Meanwhile, a sealing film 401 capable of being pierced is arranged at the bottom of the reagent tube 40, the piercing member 50 is arranged at the inner bottom of the tube body 30 near the center, when the reagent tube 40 moves downwards, the piercing member 50 can pierce the sealing film 401, so that the solution in the reagent tube 40 can flow into the tube body 30, and when the cavity bag split-domain sealing clamp 60 is opened, the solution in the tube body 30 can enter the cleavage reaction cavity bag 121.

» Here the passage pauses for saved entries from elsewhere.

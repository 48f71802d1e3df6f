//! The two steps that move a request of a core, for C: `wulgach_core_issue` and `wulgach_core_end` of the header. They tell no more of the answer than such a step has.
ghost use Rattle.std.specs.Prelude.{◌≡◌, ◌↔◌, pos, neg_ℤ, None, IsSome};
ghost use Rattle.uring_entry.specs.declared.errno.TheConstants.{EBADF};
ghost use Rattle.uring_core.specs.declared.step.Step.TheVariants as step;
ghost use Rattle.uring_ffi_values.specs.Boxes.Places.{core_in};
ghost use Rattle.uring_ffi_values.specs.Cores.Stepping.{TellsKind, TellsEnd, no_bytes};

use std::alloc::Global;
use uring_entry::errno;
use uring_ffi_values::answer_words::{kind as kind_of, res as res_of};
use uring_ffi_values::core_place::CorePlace;
use uring_machine::{Outcome, Step};

/// Has the core let the request of this number start, or end it, and writes the kind of the answer, and its result, or 0. -9 exactly at an empty place; then nothing is written.
#[unsafe(no_mangle)]
pub extern "C" fn wulgach_core_issue(
    alloc: Global,
    place: &mut CorePlace,
    number: u64,
    kind: &mut u32,
    res: &mut i32,
) -> i32
    ensures empty { (result ≡ neg_ℤ EBADF) ↔ (core_in place.old ≡ None) }
    ensures kept { core_in place.old ≡ None
        → (core_in place.new ≡ None) × (kind.new ≡ kind.old) × (res.new ≡ res.old) }
    ensures made { IsSome (core_in place.old)
        → (result ≡ pos 0)
        × TellsKind (step.Issue number) (core_in place.old) (core_in place.new) kind.new res.new }
{
    if !place.is_full {
        return -errno::EBADF;
    }
    let answer = place.step_in(&alloc, alloc, Step::Issue { number });
    *kind = kind_of(&answer);
    *res = res_of(&answer);
    0
}

/// Ends the running request of this number with a result from outside and no bytes, and writes the kind of the answer, and its result, or 0. -9 exactly at an empty place; then nothing is written.
#[unsafe(no_mangle)]
pub extern "C" fn wulgach_core_end(
    alloc: Global,
    place: &mut CorePlace,
    number: u64,
    told: i32,
    kind: &mut u32,
    res: &mut i32,
) -> i32
    ensures empty { (result ≡ neg_ℤ EBADF) ↔ (core_in place.old ≡ None) }
    ensures kept { core_in place.old ≡ None
        → (core_in place.new ≡ None) × (kind.new ≡ kind.old) × (res.new ≡ res.old) }
    ensures made { IsSome (core_in place.old)
        → (result ≡ pos 0)
        × TellsEnd number (no_bytes told) (core_in place.old) (core_in place.new) kind.new res.new }
{
    if !place.is_full {
        return -errno::EBADF;
    }
    let outcome = Outcome {
        res: told,
        bytes: [0; 64],
    };
    let answer = place.finish(alloc, number, outcome);
    *kind = kind_of(&answer);
    *res = res_of(&answer);
    0
}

In order to make the solution in the tube body 30 fully enter the cracking reaction cavity bag 121, the bottom end of the reagent tube 40 is integrally formed with a tube cover 402, the peripheral side edge of the tube cover 402 is in sliding contact with the inner wall of the tube body 30, a pneumatic chamber 61 is formed among the inner wall of the tube body 30, the tube body 30 and the outer wall of the tube cover 402, a pneumatic tube 62 is installed in the pneumatic chamber 61, the pneumatic tube 62 is connected with a pneumatic pump and an electric control feedback pneumatic valve, and the pneumatic pressure in the cavity bag can be controlled through the structure. When the gas is outputted from the gas pipe 62, a part of the gas in the gas pressure chamber 61 can enter the reagent vessel 40 through the gap between the outer peripheral side of the pipe cover 402 and the inner wall of the pipe body 30.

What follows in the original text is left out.